> Required action: Your job with the data below is to output exactly the lines from the one holding "It allocates nothing." down to the one holding "return Ok(true);", both included, and no others.

Dataset extract START

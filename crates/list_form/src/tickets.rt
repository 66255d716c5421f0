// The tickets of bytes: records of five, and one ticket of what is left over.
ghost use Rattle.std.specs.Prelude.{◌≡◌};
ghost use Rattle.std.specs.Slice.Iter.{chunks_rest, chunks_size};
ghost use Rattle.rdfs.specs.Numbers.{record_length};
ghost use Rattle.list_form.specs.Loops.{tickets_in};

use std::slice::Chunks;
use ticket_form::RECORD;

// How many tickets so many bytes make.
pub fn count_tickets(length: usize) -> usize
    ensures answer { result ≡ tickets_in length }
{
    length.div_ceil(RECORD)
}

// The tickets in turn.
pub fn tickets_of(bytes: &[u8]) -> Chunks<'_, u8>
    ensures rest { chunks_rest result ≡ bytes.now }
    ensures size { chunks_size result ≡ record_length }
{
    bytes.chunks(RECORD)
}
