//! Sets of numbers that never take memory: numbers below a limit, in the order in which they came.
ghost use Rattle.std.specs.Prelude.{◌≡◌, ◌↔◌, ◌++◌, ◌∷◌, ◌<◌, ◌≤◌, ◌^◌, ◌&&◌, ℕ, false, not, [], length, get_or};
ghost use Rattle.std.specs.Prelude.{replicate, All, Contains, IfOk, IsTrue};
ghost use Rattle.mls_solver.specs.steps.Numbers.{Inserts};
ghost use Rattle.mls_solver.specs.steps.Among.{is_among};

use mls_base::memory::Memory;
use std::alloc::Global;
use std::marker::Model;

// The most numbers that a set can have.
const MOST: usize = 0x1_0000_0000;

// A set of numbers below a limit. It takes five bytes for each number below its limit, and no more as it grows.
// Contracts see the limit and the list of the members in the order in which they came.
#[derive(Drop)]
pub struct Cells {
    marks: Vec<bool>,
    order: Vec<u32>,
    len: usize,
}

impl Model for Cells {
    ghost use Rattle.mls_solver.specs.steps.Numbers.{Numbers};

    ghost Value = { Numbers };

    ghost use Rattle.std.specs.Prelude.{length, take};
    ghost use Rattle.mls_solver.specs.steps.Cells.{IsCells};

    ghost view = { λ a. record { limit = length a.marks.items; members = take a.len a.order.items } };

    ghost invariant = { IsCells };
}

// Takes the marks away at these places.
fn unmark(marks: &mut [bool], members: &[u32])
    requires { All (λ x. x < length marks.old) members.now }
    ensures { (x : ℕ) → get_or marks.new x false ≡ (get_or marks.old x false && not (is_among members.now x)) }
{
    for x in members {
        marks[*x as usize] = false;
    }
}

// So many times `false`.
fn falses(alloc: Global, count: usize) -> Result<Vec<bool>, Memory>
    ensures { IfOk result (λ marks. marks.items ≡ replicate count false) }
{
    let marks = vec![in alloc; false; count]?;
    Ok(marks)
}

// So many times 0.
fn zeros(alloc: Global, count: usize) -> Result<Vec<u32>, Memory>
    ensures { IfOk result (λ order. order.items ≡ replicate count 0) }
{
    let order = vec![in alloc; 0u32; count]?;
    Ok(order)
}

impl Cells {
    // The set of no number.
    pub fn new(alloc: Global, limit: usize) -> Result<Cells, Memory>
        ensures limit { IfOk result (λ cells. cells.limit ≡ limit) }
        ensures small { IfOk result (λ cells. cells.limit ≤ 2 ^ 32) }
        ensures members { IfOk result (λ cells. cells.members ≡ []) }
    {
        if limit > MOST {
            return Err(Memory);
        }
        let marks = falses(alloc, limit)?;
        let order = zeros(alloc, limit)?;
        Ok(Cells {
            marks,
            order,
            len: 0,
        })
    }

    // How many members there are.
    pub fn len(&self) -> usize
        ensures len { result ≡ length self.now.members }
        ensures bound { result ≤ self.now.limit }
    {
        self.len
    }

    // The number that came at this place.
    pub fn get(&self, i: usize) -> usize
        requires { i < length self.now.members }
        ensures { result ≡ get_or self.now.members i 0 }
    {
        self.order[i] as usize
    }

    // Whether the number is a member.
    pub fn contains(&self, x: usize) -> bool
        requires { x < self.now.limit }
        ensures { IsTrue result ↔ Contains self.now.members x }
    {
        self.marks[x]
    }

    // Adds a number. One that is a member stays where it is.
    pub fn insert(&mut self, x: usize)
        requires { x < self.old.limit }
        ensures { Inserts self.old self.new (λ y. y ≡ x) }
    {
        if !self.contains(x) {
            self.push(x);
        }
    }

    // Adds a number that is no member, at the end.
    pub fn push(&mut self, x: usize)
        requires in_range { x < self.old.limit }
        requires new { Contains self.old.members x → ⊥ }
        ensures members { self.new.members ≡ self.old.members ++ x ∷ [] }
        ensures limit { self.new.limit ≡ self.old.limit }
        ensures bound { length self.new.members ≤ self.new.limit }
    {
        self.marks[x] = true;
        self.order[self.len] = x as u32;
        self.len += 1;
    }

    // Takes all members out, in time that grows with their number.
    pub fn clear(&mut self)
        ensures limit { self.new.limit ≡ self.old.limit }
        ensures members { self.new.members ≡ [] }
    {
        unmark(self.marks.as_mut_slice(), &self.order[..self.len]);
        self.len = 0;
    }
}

Dataset extract END
Dataset extract START

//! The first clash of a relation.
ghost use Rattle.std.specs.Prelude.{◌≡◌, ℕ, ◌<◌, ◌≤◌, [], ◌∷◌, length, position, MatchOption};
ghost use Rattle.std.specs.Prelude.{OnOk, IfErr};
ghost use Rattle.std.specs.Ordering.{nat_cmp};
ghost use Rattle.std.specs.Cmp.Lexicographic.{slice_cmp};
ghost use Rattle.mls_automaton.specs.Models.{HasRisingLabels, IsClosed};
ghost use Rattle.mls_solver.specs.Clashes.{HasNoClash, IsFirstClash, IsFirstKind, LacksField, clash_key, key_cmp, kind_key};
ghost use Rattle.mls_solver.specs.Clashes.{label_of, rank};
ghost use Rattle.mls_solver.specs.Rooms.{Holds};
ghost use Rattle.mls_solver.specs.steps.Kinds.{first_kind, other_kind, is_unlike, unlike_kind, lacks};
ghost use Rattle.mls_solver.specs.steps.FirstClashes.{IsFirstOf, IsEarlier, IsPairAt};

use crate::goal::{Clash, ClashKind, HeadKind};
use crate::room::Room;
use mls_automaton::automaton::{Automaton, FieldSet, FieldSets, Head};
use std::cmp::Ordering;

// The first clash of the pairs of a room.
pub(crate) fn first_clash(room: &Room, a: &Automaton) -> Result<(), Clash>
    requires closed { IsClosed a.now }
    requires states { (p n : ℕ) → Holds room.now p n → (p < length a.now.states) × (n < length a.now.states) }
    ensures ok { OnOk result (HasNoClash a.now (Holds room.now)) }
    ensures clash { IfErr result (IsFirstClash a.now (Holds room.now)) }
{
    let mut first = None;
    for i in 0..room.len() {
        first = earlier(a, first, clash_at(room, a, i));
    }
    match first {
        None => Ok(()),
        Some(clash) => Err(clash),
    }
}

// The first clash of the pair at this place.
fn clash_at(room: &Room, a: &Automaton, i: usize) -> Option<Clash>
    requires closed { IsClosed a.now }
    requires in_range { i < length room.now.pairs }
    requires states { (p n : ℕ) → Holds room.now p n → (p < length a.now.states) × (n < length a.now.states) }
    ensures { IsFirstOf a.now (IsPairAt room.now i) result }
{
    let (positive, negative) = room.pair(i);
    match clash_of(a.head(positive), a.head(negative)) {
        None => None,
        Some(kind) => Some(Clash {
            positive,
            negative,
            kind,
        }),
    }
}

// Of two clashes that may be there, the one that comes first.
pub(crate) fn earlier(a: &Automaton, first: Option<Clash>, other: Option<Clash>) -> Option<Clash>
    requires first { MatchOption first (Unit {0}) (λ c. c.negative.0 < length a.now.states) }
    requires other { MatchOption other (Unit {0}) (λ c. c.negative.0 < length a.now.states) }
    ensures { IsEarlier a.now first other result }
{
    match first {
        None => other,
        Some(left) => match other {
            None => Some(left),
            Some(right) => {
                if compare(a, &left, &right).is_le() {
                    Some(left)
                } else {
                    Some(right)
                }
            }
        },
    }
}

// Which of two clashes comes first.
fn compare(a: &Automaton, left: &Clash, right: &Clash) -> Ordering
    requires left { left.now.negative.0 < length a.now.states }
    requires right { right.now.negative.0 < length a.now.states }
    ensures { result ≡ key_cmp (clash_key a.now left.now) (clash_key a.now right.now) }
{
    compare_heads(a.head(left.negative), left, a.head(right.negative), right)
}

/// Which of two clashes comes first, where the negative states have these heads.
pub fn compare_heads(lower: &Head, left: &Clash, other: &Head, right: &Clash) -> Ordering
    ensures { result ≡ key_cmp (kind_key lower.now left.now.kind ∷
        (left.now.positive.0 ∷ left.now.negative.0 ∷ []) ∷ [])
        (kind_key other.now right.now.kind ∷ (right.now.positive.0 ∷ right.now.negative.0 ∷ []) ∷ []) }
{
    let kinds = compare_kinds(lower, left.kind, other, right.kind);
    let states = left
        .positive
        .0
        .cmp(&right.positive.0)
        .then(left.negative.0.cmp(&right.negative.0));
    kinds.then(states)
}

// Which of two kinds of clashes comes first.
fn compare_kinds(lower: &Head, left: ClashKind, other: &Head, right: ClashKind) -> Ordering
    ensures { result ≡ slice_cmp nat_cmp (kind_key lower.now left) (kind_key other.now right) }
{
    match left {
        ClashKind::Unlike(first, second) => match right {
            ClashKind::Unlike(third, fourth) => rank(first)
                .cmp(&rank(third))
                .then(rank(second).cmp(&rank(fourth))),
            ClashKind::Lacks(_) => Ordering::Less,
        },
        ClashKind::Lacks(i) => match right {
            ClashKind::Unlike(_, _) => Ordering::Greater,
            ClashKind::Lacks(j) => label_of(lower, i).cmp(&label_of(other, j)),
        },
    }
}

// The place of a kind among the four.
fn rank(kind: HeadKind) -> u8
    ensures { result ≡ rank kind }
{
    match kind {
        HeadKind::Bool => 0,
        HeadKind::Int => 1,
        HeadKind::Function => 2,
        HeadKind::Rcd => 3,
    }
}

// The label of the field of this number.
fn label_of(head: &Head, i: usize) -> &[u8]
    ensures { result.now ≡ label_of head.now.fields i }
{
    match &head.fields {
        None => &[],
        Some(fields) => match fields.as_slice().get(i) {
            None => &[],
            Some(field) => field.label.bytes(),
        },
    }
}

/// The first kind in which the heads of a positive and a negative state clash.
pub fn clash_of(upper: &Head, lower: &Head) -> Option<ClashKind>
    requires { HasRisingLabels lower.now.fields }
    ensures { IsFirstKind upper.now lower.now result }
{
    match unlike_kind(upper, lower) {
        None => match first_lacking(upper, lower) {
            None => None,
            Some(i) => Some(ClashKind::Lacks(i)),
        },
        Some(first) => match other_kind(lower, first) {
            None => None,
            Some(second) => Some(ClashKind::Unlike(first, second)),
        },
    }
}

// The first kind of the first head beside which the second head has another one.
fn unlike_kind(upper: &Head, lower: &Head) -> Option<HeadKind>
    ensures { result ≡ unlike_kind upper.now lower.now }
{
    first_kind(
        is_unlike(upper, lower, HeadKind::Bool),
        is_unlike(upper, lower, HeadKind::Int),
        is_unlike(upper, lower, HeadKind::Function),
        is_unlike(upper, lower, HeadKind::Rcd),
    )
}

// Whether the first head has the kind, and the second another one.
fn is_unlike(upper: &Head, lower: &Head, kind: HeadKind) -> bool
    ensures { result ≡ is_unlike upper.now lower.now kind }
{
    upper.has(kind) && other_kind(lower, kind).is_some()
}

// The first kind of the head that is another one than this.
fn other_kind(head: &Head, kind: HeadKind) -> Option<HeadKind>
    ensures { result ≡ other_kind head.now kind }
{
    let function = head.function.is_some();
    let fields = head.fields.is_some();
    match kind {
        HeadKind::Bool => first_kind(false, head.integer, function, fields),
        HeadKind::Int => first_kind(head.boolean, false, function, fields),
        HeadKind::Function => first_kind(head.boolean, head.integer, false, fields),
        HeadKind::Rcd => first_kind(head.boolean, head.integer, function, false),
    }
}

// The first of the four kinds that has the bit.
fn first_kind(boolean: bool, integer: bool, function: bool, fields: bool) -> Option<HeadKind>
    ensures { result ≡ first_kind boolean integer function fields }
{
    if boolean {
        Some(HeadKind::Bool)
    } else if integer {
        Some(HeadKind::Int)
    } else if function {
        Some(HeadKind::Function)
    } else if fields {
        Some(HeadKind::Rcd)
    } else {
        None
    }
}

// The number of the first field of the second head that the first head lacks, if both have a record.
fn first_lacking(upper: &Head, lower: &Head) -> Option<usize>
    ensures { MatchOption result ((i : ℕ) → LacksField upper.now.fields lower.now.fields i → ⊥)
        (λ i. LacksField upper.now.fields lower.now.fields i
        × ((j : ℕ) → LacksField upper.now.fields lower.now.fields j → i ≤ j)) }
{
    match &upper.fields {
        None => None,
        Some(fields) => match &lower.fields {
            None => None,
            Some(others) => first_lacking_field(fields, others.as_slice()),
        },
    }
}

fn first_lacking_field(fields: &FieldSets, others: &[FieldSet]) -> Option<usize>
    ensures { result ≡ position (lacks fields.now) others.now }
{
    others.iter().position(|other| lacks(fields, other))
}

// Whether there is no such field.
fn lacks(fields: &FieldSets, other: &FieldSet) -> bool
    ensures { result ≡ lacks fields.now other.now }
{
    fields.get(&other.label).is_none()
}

Dataset extract END
Dataset extract START

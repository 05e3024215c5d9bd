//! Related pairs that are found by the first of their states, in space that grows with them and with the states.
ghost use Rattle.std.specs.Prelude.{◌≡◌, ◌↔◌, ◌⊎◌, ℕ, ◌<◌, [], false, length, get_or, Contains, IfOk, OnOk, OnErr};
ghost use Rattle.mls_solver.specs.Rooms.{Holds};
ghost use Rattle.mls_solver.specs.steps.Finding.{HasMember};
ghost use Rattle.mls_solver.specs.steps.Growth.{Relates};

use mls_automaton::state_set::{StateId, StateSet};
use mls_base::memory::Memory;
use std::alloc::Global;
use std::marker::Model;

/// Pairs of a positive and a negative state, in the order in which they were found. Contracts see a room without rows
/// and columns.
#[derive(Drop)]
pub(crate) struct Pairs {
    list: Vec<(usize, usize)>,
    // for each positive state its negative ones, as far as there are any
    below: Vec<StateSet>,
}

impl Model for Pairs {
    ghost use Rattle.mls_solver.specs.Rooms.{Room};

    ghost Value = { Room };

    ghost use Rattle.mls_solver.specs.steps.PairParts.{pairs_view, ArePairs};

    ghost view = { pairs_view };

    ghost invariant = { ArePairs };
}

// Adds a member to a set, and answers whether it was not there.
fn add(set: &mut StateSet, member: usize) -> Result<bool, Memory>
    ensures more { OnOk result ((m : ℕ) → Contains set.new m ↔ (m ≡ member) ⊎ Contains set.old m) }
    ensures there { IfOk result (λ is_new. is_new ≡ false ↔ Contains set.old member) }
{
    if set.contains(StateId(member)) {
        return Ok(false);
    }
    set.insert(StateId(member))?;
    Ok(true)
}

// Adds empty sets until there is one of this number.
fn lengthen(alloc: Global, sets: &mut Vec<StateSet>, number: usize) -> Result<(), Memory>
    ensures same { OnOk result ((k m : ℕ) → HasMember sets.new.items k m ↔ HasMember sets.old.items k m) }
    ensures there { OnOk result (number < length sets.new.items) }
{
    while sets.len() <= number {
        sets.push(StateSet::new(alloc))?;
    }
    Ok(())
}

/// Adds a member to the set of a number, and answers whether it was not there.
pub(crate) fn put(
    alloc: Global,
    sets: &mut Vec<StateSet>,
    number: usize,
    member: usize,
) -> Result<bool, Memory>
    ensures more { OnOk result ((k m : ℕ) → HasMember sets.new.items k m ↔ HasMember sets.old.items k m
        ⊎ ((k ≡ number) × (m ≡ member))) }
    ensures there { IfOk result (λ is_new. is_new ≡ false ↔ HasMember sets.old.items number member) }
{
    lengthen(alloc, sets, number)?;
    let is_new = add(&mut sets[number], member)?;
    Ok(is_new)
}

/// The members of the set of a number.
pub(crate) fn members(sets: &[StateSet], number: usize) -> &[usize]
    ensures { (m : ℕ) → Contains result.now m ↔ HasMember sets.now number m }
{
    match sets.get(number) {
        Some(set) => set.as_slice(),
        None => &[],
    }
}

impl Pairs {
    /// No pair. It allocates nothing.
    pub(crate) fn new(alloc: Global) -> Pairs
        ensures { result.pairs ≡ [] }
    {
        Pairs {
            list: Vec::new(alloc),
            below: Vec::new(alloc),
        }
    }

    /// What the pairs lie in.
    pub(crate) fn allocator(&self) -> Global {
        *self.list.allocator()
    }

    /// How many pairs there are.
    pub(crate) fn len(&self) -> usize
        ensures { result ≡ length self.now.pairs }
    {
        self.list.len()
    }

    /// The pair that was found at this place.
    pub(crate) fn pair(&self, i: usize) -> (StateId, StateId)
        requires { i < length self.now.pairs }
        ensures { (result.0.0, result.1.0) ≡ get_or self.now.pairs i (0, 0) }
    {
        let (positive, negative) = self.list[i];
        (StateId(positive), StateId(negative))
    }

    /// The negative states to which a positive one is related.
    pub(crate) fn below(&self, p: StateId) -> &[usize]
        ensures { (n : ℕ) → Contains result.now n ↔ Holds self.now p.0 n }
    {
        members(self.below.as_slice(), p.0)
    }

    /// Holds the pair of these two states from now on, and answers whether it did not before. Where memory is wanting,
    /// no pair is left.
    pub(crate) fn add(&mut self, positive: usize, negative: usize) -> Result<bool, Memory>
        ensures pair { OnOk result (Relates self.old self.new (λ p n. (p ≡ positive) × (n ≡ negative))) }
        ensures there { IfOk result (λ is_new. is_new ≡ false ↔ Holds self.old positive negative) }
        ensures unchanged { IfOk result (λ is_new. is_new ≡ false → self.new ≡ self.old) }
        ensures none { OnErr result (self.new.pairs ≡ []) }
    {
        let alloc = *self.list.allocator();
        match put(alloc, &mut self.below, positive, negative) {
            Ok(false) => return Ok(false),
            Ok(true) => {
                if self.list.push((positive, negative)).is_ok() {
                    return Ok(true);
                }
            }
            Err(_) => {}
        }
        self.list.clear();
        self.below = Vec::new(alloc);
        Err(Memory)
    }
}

Dataset extract END

> Response:
    /// No pair. It allocates nothing.
    pub(crate) fn new(alloc: Global) -> Pairs
        ensures { result.pairs ≡ [] }
    {
        Pairs {
            list: Vec::new(alloc),
            below: Vec::new(alloc),
        }
    }

    /// What the pairs lie in.
    pub(crate) fn allocator(&self) -> Global {
        *self.list.allocator()
    }

    /// How many pairs there are.
    pub(crate) fn len(&self) -> usize
        ensures { result ≡ length self.now.pairs }
    {
        self.list.len()
    }

    /// The pair that was found at this place.
    pub(crate) fn pair(&self, i: usize) -> (StateId, StateId)
        requires { i < length self.now.pairs }
        ensures { (result.0.0, result.1.0) ≡ get_or self.now.pairs i (0, 0) }
    {
        let (positive, negative) = self.list[i];
        (StateId(positive), StateId(negative))
    }

    /// The negative states to which a positive one is related.
    pub(crate) fn below(&self, p: StateId) -> &[usize]
        ensures { (n : ℕ) → Contains result.now n ↔ Holds self.now p.0 n }
    {
        members(self.below.as_slice(), p.0)
    }

    /// Holds the pair of these two states from now on, and answers whether it did not before. Where memory is wanting,
    /// no pair is left.
    pub(crate) fn add(&mut self, positive: usize, negative: usize) -> Result<bool, Memory>
        ensures pair { OnOk result (Relates self.old self.new (λ p n. (p ≡ positive) × (n ≡ negative))) }
        ensures there { IfOk result (λ is_new. is_new ≡ false ↔ Holds self.old positive negative) }
        ensures unchanged { IfOk result (λ is_new. is_new ≡ false → self.new ≡ self.old) }
        ensures none { OnErr result (self.new.pairs ≡ []) }
    {
        let alloc = *self.list.allocator();
        match put(alloc, &mut self.below, positive, negative) {
            Ok(false) => return Ok(false),
            Ok(true) => {
                if self.list.push((positive, negative)).is_ok() {
                    return Ok(true);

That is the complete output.